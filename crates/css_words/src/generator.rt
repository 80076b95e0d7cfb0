ghost use Rattle.std.specs.Prelude.{◌≡◌, ◌≤◌, IfOk, map, string_bytes, unwrap_or};
ghost use Rattle.clap.specs.Words.{found_of, rows_of};
ghost use Rattle.css_num.specs.Gives.{GivesBy};
ghost use Rattle.css_words.specs.Generator as generator;
ghost use Rattle.css_words.specs.Lines as lines;
ghost use Rattle.css_words.specs.declared.fault.WordsFault.TheVariants as faults;

use crate::fault::WordsFault;
use crate::options::{Matches, matches_of, number, number_in, text_given};
use crate::words::GeneratorWords;
use clap::ArgMatches;
use std::alloc::Global;

pub static OPTIONS: [&str; 3] = ["seed", "lines", "companions"];

pub const MOST_SEED: u64 = (1 << 63) - 1;

pub const MOST_LINES: u64 = 200_000;

/// How many companions the schedule has, where it is told.
pub fn companions(matches: &ArgMatches<'_>) -> Result<Option<u32>, WordsFault>
    ensures value { result ≡ generator.companions (rows_of (found_of matches.now)) }
    ensures least { IfOk result (λ companions. 2 ≤ unwrap_or companions 2) }
    ensures most { IfOk result (λ companions. unwrap_or companions 2 ≤ 16) }
{
    match text_given(matches, "companions") {
        None => Ok(None),
        Some(text) => {
            let count = number_in(text, 2, 16)?;
            Ok(Some(count as u32))
        }
    }
}

/// How many lines the schedule has at least: its header, a line for each companion told, three of the television, and
/// five that open the sessions of a companion.
pub fn least_lines(companions: Option<u32>) -> u64
    requires some { 2 ≤ unwrap_or companions 2 }
    ensures value { result ≡ lines.least_lines companions }
    ensures least { 9 ≤ result }
{
    match companions {
        None => 9,
        Some(count) => 4 + 6 * u64::from(count),
    }
}

fn generator_matches<'a>(alloc: Global, words: &'a [String]) -> Result<Matches<'a>, WordsFault>
    ensures { GivesBy (λ matches. rows_of (found_of matches.all)) faults.Memory result
        (generator.generator_rows (map string_bytes words.entry.now)) }
{
    matches_of(alloc, OPTIONS.as_slice(), &[], words)
}

/// The schedule that the words of `generate` or `survey` ask for.
#[tactic(auto, unfolding(crate::specs::Generator::generator_in))]
pub fn generator_words(alloc: Global, words: &[String]) -> Result<GeneratorWords, WordsFault>
    ensures { GivesBy generator.generator_of faults.Memory result
        (generator.generator_in (map string_bytes words.now)) }
{
    let matches = generator_matches(alloc, words)?;
    let seed = number(&matches.all, "seed", 0, MOST_SEED)?;
    let companions = companions(&matches.all)?;
    let lines = number(&matches.all, "lines", least_lines(companions), MOST_LINES)?;
    Ok(GeneratorWords {
        seed,
        lines,
        companions,
    })
}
-=-=-=-=-
### TASK DESCRIPTION
Print the material above verbatim, first line through the line containing "matches.all)) faults.Memory result", both included.

### TASK SOLUTION
filename crates/css_words/src/generator.rt
repository 80076b95e0d7cfb0
ghost use Rattle.std.specs.Prelude.{◌≡◌, ◌≤◌, IfOk, map, string_bytes, unwrap_or};
ghost use Rattle.clap.specs.Words.{found_of, rows_of};
ghost use Rattle.css_num.specs.Gives.{GivesBy};
ghost use Rattle.css_words.specs.Generator as generator;
ghost use Rattle.css_words.specs.Lines as lines;
ghost use Rattle.css_words.specs.declared.fault.WordsFault.TheVariants as faults;

use crate::fault::WordsFault;
use crate::options::{Matches, matches_of, number, number_in, text_given};
use crate::words::GeneratorWords;
use clap::ArgMatches;
use std::alloc::Global;

pub static OPTIONS: [&str; 3] = ["seed", "lines", "companions"];

pub const MOST_SEED: u64 = (1 << 63) - 1;

pub const MOST_LINES: u64 = 200_000;

/// How many companions the schedule has, where it is told.
pub fn companions(matches: &ArgMatches<'_>) -> Result<Option<u32>, WordsFault>
    ensures value { result ≡ generator.companions (rows_of (found_of matches.now)) }
    ensures least { IfOk result (λ companions. 2 ≤ unwrap_or companions 2) }
    ensures most { IfOk result (λ companions. unwrap_or companions 2 ≤ 16) }
{
    match text_given(matches, "companions") {
        None => Ok(None),
        Some(text) => {
            let count = number_in(text, 2, 16)?;
            Ok(Some(count as u32))
        }
    }
}

/// How many lines the schedule has at least: its header, a line for each companion told, three of the television, and
/// five that open the sessions of a companion.
pub fn least_lines(companions: Option<u32>) -> u64
    requires some { 2 ≤ unwrap_or companions 2 }
    ensures value { result ≡ lines.least_lines companions }
    ensures least { 9 ≤ result }
{
    match companions {
        None => 9,
        Some(count) => 4 + 6 * u64::from(count),
    }
}

fn generator_matches<'a>(alloc: Global, words: &'a [String]) -> Result<Matches<'a>, WordsFault>
    ensures { GivesBy (λ matches. rows_of (found_of matches.all)) faults.Memory result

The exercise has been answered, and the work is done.